//! What is looked up in a register. None of these calls changes it.

ghost use Rattle.std.specs.Prelude.{◌≡◌, ◌≢◌, length, None, Some};
ghost use Rattle.machine.specs.Deadlines.{IsFirst};
ghost use Rattle.embed.specs.Lookups.{IsTimerOf};
ghost use Rattle.kunchrol.specs.Lookups.{IsImsiRecord, IsNumberRecord, ListsDialogues, RefusesCounts, RefusesDeadline, RefusesDialogues, RefusesRecord, RefusesSubject, TellsCounts, TellsDeadline, TellsSubject, WritesRecord};

use crate::buffer::{list_dialogues, write_found, write_subject};
use crate::code::{ARGUMENT, CLOSED, NONE, OK};
use crate::handle::Handle;
use embed::{Register, read_imsi, read_number};
use hlrcore::ShardNumber;
use std::alloc::Global;

/// Puts the first deadline of all timers at `when`.
#[unsafe(no_mangle)]
pub extern "C" fn kunchrol_deadline(alloc: Global, handle: &mut Handle, when: &mut u64) -> u32
    ensures told { result ≡ 0 → TellsDeadline handle.old.value when.new }
    ensures why { result ≢ 0 → RefusesDeadline handle.old.value result }
    ensures unchanged { handle.new.value ≡ handle.old.value }
    ensures refused { result ≢ 0 → when.new ≡ when.old }
{
    let Some(register) = handle.take(alloc) else {
        return CLOSED;
    };
    let code = first_deadline(&register, when);
    handle.put(register);
    code
}

fn first_deadline(register: &Register, when: &mut u64) -> u32
    ensures told { result ≡ 0 → IsFirst (IsTimerOf register.now.node) (Some when.new) }
    ensures why { result ≢ 0 → (result ≡ 1) × IsFirst (IsTimerOf register.now.node) None }
    ensures refused { result ≢ 0 → when.new ≡ when.old }
{
    let Some(first) = register.first_deadline() else {
        return NONE;
    };
    *when = first;
    OK
}

/// Puts how many dialogues of a shard are open at `dialogues`, and how many entries its journal has at `entries`.
#[unsafe(no_mangle)]
pub extern "C" fn kunchrol_counts(
    alloc: Global,
    handle: &mut Handle,
    shard: u8,
    dialogues: &mut usize,
    entries: &mut usize,
) -> u32
    ensures told { result ≡ 0 → TellsCounts shard handle.old.value dialogues.new entries.new }
    ensures why { result ≢ 0 → RefusesCounts shard handle.old.value result }
    ensures unchanged { handle.new.value ≡ handle.old.value }
    ensures refused { result ≢ 0 → (dialogues.new ≡ dialogues.old) × (entries.new ≡ entries.old) }
{
    let Some(shard) = ShardNumber::new(shard) else {
        return ARGUMENT;
    };
    let Some(register) = handle.take(alloc) else {
        return CLOSED;
    };
    let counts = register.counts(shard);
    handle.put(register);
    *dialogues = counts.dialogues;
    *entries = counts.entries;
    OK
}

/// Writes the text of the IMSI that the last event was about into the buffer, and its length at `len`, also if the buffer is too small.
#[unsafe(no_mangle)]
pub extern "C" fn kunchrol_subject(
    alloc: Global,
    handle: &mut Handle,
    buffer: &mut [u8],
    len: &mut usize,
) -> u32
    ensures told { result ≡ 0 → TellsSubject handle.old.value buffer.old len.new buffer.new }
    ensures why { result ≢ 0 → RefusesSubject handle.old.value (length buffer.old) len.new result }
    ensures unchanged { handle.new.value ≡ handle.old.value }
    ensures refused { result ≢ 0 → buffer.new ≡ buffer.old }
    ensures len { result ≢ 0 → result ≢ 2 → len.new ≡ len.old }
{
    let Some(register) = handle.take(alloc) else {
        return CLOSED;
    };
    let code = write_subject(&register, buffer, len);
    handle.put(register);
    code
}

/// Writes the record of a subscriber into the buffer, as a line of a records file, and its length at `len`, also if the buffer is too
/// small. The text of an IMSI.
#[unsafe(no_mangle)]
pub extern "C" fn kunchrol_record(
    alloc: Global,
    handle: &mut Handle,
    imsi: &[u8],
    buffer: &mut [u8],
    len: &mut usize,
) -> u32
    ensures written { result ≡ 0 → WritesRecord (IsImsiRecord imsi.now)
        handle.old.value buffer.old len.new buffer.new }
    ensures why { result ≢ 0 → RefusesRecord (IsImsiRecord imsi.now)
        handle.old.value (length buffer.old) len.new result }
    ensures unchanged { handle.new.value ≡ handle.old.value }
    ensures refused { result ≢ 0 → buffer.new ≡ buffer.old }
    ensures len { result ≢ 0 → result ≢ 2 → len.new ≡ len.old }
{
    let Some(imsi) = read_imsi(imsi) else {
        return ARGUMENT;
    };
    let Some(register) = handle.take(alloc) else {
        return CLOSED;
    };
    let code = write_found(alloc, register.record(&imsi), buffer, len);
    handle.put(register);
    code
}

/// The same, with the text of an MSISDN.
#[unsafe(no_mangle)]
pub extern "C" fn kunchrol_record_of_number(
    alloc: Global,
    handle: &mut Handle,
    msisdn: &[u8],
    buffer: &mut [u8],
    len: &mut usize,
) -> u32
    ensures written { result ≡ 0 → WritesRecord (IsNumberRecord msisdn.now)
        handle.old.value buffer.old len.new buffer.new }
    ensures why { result ≢ 0 → RefusesRecord (IsNumberRecord msisdn.now)
        handle.old.value (length buffer.old) len.new result }
    ensures unchanged { handle.new.value ≡ handle.old.value }
    ensures refused { result ≢ 0 → buffer.new ≡ buffer.old }
    ensures len { result ≢ 0 → result ≢ 2 → len.new ≡ len.old }
{
    let Some(msisdn) = read_number(msisdn) else {
        return ARGUMENT;
    };
    let Some(register) = handle.take(alloc) else {
        return CLOSED;
    };
    let code = write_found(alloc, register.record_by_number(&msisdn), buffer, len);
    handle.put(register);
    code
}

/// Writes the listing of a shard's open dialogues into the buffer, and its length at `len`, also if the buffer is too small.
#[unsafe(no_mangle)]
pub extern "C" fn kunchrol_dialogues(
    alloc: Global,
    handle: &mut Handle,
    shard: u8,
    buffer: &mut [u8],
    len: &mut usize,
) -> u32
    ensures listed { result ≡ 0 → ListsDialogues shard handle.old.value buffer.old len.new buffer.new }
    ensures why { result ≢ 0 → RefusesDialogues shard handle.old.value (length buffer.old) len.new result }
    ensures unchanged { handle.new.value ≡ handle.old.value }
    ensures refused { result ≢ 0 → buffer.new ≡ buffer.old }
    ensures len { result ≢ 0 → result ≢ 2 → len.new ≡ len.old }
{
    let Some(shard) = ShardNumber::new(shard) else {
        return ARGUMENT;
    };
    let Some(register) = handle.take(alloc) else {
        return CLOSED;
    };
    let code = list_dialogues(&register, shard, buffer, len);
    handle.put(register);
    code
}
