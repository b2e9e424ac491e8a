//! The register for programs in C. `include/kunchrol.h` says the same in C's words.
//!
//! Each function answers a number. 0 says that it did what it is asked for. With each other number nothing has changed in the
//! register, but for the lines of a log that `kunchrol_replay` has done.
#![tactic(auto)]

mod buffer;
mod code;
mod handle;
mod image;
mod lookups;
mod next;
mod replay;

ghost use Rattle.std.specs.Prelude.{◌≡◌, ◌≢◌, length, true, None, Some};
ghost use Rattle.hlrcore.specs.Events.{raw_event};
ghost use Rattle.embed.specs.Events.{IsFrame, IsExpiry, IsCodesChange, IsWithdrawal};
ghost use Rattle.embed.specs.Registers.{Gives, SetsClocks};
ghost use Rattle.kunchrol.specs.Calls.{OpensText, Takes, SetsAll, GivesLine, SendsFrame, SavesRecords, CutsJournal, keep_of};
ghost use Rattle.kunchrol.specs.Refusals.{Refused, RefusesClock, RefusesClocks, RefusesCut, RefusesEvent, RefusesKind, RefusesLine, RefusesNext, RefusesSave, RefusesText};

use buffer::{cut_journal, save_records};
use code::{ARGUMENT, CLOSED, MEMORY, NONE, OK, OPEN, code_of_cause, code_of_records, line_of};
use embed::{
    Keep, LogLine, Register, codes_event, expiry_event, frame_event, read_log_line,
    withdrawal_event,
};
pub use handle::Handle;
use hlrcore::{RawEvent, ShardNumber};
pub use image::{kunchrol_image, kunchrol_restore};
pub use lookups::{
    kunchrol_counts, kunchrol_deadline, kunchrol_dialogues, kunchrol_record,
    kunchrol_record_of_number, kunchrol_subject,
};
use machine::numbers::MAX_CLOCK;
use next::next_frame;
pub use replay::{kunchrol_drop_frames, kunchrol_replay};
use std::alloc::Global;

/// The release: 65,536 times its first number, 256 times its second, and its third. This is 0.1.0.
#[unsafe(no_mangle)]
pub extern "C" fn kunchrol_version() -> u32
    ensures { result ≡ 256 }
{
    0x00_01_00
}

/// Opens a register on the text of a records file. It keeps journals, or with `journals` 0 none. The number of the start moves where local
/// ids begin (`Register::open`). If a line has a fault its number is put at `line`, else 0.
#[unsafe(no_mangle)]
pub extern "C" fn kunchrol_open(
    alloc: Global,
    text: &[u8],
    journals: u8,
    start: u32,
    handle: &mut Handle,
    line: &mut u64,
) -> u32
    ensures opened { result ≡ 0 → OpensText text.now (keep_of journals)
        start handle.old.value handle.new.value }
    ensures why { result ≢ 0 → RefusesText text.now handle.old.value line.new result }
    ensures no_line { result ≢ 9 → result ≢ 10 → line.new ≡ 0 }
    ensures refused { result ≢ 0 → handle.new.value ≡ handle.old.value }
{
    *line = 0;
    if let Some(register) = handle.take(alloc) {
        handle.put(register);
        return OPEN;
    }
    match Register::open(alloc, text, keep_of(journals), start) {
        Ok(register) => match Box::new(alloc, register) {
            Ok(register) => {
                handle.put(register);
                OK
            }
            Err(_) => MEMORY,
        },
        Err(fault) => {
            *line = line_of(fault);
            code_of_records(fault)
        }
    }
}

fn keep_of(journals: u8) -> Keep
    ensures { result ≡ keep_of journals }
{
    if journals == 0 {
        Keep::Nothing
    } else {
        Keep::Entries
    }
}

/// Gives a frame, with the text of the digits that it comes from.
#[unsafe(no_mangle)]
pub extern "C" fn kunchrol_frame(
    alloc: Global,
    handle: &mut Handle,
    from: &[u8],
    octets: &[u8],
) -> u32
    ensures handled { result ≡ 0 → Takes
        (IsFrame from.now octets.now) handle.old.value handle.new.value }
    ensures why { result ≢ 0 → RefusesKind (IsFrame from.now octets.now) handle.old.value result }
    ensures refused { result ≢ 0 → handle.new.value ≡ handle.old.value }
{
    match frame_event(alloc, from, octets) {
        Ok(Some(event)) => give(alloc, handle, event),
        Ok(None) => ARGUMENT,
        Err(_) => MEMORY,
    }
}

/// Sets the clock of each shard, or of none.
#[unsafe(no_mangle)]
pub extern "C" fn kunchrol_clock(alloc: Global, handle: &mut Handle, now: u64) -> u32
    ensures set { result ≡ 0 → SetsAll now handle.old.value handle.new.value }
    ensures why { result ≢ 0 → RefusesClock now handle.old.value result }
    ensures refused { result ≢ 0 → handle.new.value ≡ handle.old.value }
{
    if now > MAX_CLOCK {
        return ARGUMENT;
    }
    let Some(mut register) = handle.take(alloc) else {
        return CLOSED;
    };
    let code = set_clocks(&mut register, now);
    handle.put(register);
    code
}

fn set_clocks(register: &mut Register, now: u64) -> u32
    ensures set { result ≡ 0 → SetsClocks register.old now register.new }
    ensures why { result ≢ 0 → RefusesClocks register.old now result }
    ensures refused { result ≢ 0 → register.new ≡ register.old }
{
    match register.set_clocks(now) {
        Ok(()) => OK,
        Err(refused) => code_of_cause(refused),
    }
}

/// Gives the expiry of a shard's least timer that is due, if one is.
#[unsafe(no_mangle)]
pub extern "C" fn kunchrol_expire(alloc: Global, handle: &mut Handle, shard: u8) -> u32
    ensures handled { result ≡ 0 → Takes (IsExpiry shard) handle.old.value handle.new.value }
    ensures why { result ≢ 0 → RefusesKind (IsExpiry shard) handle.old.value result }
    ensures refused { result ≢ 0 → handle.new.value ≡ handle.old.value }
{
    match expiry_event(shard) {
        Some(event) => give(alloc, handle, event),
        None => ARGUMENT,
    }
}

/// Gives new teleservice codes for a subscriber who has a record: the texts of an IMSI and of codes, as a records file has them.
#[unsafe(no_mangle)]
pub extern "C" fn kunchrol_codes(
    alloc: Global,
    handle: &mut Handle,
    imsi: &[u8],
    codes: &[u8],
) -> u32
    ensures handled { result ≡ 0 → Takes
        (IsCodesChange imsi.now codes.now) handle.old.value handle.new.value }
    ensures why { result ≢ 0 → RefusesKind
        (IsCodesChange imsi.now codes.now) handle.old.value result }
    ensures refused { result ≢ 0 → handle.new.value ≡ handle.old.value }
{
    match codes_event(alloc, imsi, codes) {
        Ok(Some(event)) => give(alloc, handle, event),
        Ok(None) => ARGUMENT,
        Err(_) => MEMORY,
    }
}

/// Ends the subscription of a subscriber who has a record.
#[unsafe(no_mangle)]
pub extern "C" fn kunchrol_withdraw(alloc: Global, handle: &mut Handle, imsi: &[u8]) -> u32
    ensures handled { result ≡ 0 → Takes (IsWithdrawal imsi.now) handle.old.value handle.new.value }
    ensures why { result ≢ 0 → RefusesKind (IsWithdrawal imsi.now) handle.old.value result }
    ensures refused { result ≢ 0 → handle.new.value ≡ handle.old.value }
{
    match withdrawal_event(imsi) {
        Some(event) => give(alloc, handle, event),
        None => ARGUMENT,
    }
}

/// Gives the event of a line of a log, without its line feed (`embed::read_log_line`), or sets the clock of each shard to its value.
#[unsafe(no_mangle)]
pub extern "C" fn kunchrol_line(alloc: Global, handle: &mut Handle, line: &[u8]) -> u32
    ensures given { result ≡ 0 → GivesLine line.now handle.old.value handle.new.value }
    ensures why { result ≢ 0 → RefusesLine line.now handle.old.value result }
    ensures refused { result ≢ 0 → handle.new.value ≡ handle.old.value }
{
    match read_log_line(alloc, line) {
        Ok(Some(LogLine::Event(event))) => give(alloc, handle, event),
        Ok(Some(LogLine::Clocks(now))) => kunchrol_clock(alloc, handle, now),
        Ok(None) => ARGUMENT,
        Err(_) => MEMORY,
    }
}

fn give(alloc: Global, handle: &mut Handle, event: RawEvent) -> u32
    ensures handled { result ≡ 0 → Takes
        (λ raw. raw ≡ raw_event event) handle.old.value handle.new.value }
    ensures why { result ≢ 0 → Refused (raw_event event) handle.old.value result }
    ensures refused { result ≢ 0 → handle.new.value ≡ handle.old.value }
{
    let Some(mut register) = handle.take(alloc) else {
        return CLOSED;
    };
    let code = answer(&mut register, event);
    handle.put(register);
    code
}

fn answer(register: &mut Register, event: RawEvent) -> u32
    ensures handled { result ≡ 0 → Gives true register.old (raw_event event) register.new }
    ensures why { result ≢ 0 → RefusesEvent register.old (raw_event event) result }
    ensures refused { result ≢ 0 → register.new ≡ register.old }
{
    match register.handle(event) {
        Ok(true) => OK,
        Ok(false) => NONE,
        Err(cause) => code_of_cause(cause),
    }
}

/// Takes the frame that is to be sent next: the text of the digits that it goes to, and its octets, each with its length. Where
/// a buffer is too small the lengths are put all the same, and the frame still waits.
#[unsafe(no_mangle)]
pub extern "C" fn kunchrol_next(
    alloc: Global,
    handle: &mut Handle,
    to: &mut [u8],
    to_len: &mut usize,
    octets: &mut [u8],
    octets_len: &mut usize,
) -> u32
    ensures sent { result ≡ 0
        → SendsFrame handle.old.value to.new to_len.new octets.new octets_len.new handle.new.value }
    ensures why { result ≢ 0 → RefusesNext handle.old.value (length to.old)
        (length octets.old) to_len.new octets_len.new result }
    ensures refused { result ≢ 0 → handle.new.value ≡ handle.old.value }
    ensures rooms { result ≢ 0 → (to.new ≡ to.old) × (octets.new ≡ octets.old) }
    ensures lens { result ≢ 0 → result ≢ 2
        → (to_len.new ≡ to_len.old) × (octets_len.new ≡ octets_len.old) }
{
    let Some(mut register) = handle.take(alloc) else {
        return CLOSED;
    };
    let code = next_frame(&mut register, to, to_len, octets, octets_len);
    handle.put(register);
    code
}

/// Writes the records as a records file into the buffer, and its length at `len`, also if the buffer is too small.
#[unsafe(no_mangle)]
pub extern "C" fn kunchrol_save(
    alloc: Global,
    handle: &mut Handle,
    buffer: &mut [u8],
    len: &mut usize,
) -> u32
    ensures saved { result ≡ 0
        → SavesRecords handle.old.value buffer.old len.new buffer.new handle.new.value }
    ensures why { result ≢ 0 → RefusesSave handle.old.value (length buffer.old) len.new result }
    ensures unchanged { handle.new.value ≡ handle.old.value }
    ensures refused { result ≢ 0 → buffer.new ≡ buffer.old }
    ensures len { result ≢ 0 → result ≢ 2 → len.new ≡ len.old }
{
    let Some(register) = handle.take(alloc) else {
        return CLOSED;
    };
    let code = save_records(&register, buffer, len);
    handle.put(register);
    code
}

/// Cuts the journal of a shard off, with its listing in the buffer and its length at `len`, also if the buffer is too small.
#[unsafe(no_mangle)]
pub extern "C" fn kunchrol_cut(
    alloc: Global,
    handle: &mut Handle,
    shard: u8,
    buffer: &mut [u8],
    len: &mut usize,
) -> u32
    ensures cut { result ≡ 0
        → CutsJournal handle.old.value shard buffer.old len.new buffer.new handle.new.value }
    ensures why { result ≢ 0 → RefusesCut shard handle.old.value (length buffer.old) len.new result }
    ensures refused { result ≢ 0 → handle.new.value ≡ handle.old.value }
    ensures buffer { result ≢ 0 → buffer.new ≡ buffer.old }
    ensures len { result ≢ 0 → result ≢ 2 → len.new ≡ len.old }
{
    let Some(shard) = ShardNumber::new(shard) else {
        return ARGUMENT;
    };
    let Some(mut register) = handle.take(alloc) else {
        return CLOSED;
    };
    let code = cut_journal(&mut register, shard, buffer, len);
    handle.put(register);
    code
}

/// Closes a register, and gives its memory back. Nothing happens to a handle that is closed.
#[unsafe(no_mangle)]
pub extern "C" fn kunchrol_close(alloc: Global, handle: &mut Handle)
    ensures { handle.new.value ≡ None }
{
    drop(handle.take(alloc));
}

Work required:
Show me every line of the entries above that holds "TellsDeadline".

Exercise answer:
ghost use Rattle.kunchrol.specs.Lookups.{IsImsiRecord, IsNumberRecord, ListsDialogues, RefusesCounts, RefusesDeadline, RefusesDialogues, RefusesRecord, RefusesSubject, TellsCounts, TellsDeadline, TellsSubject, WritesRecord};
    ensures told { result ≡ 0 → TellsDeadline handle.old.value when.new }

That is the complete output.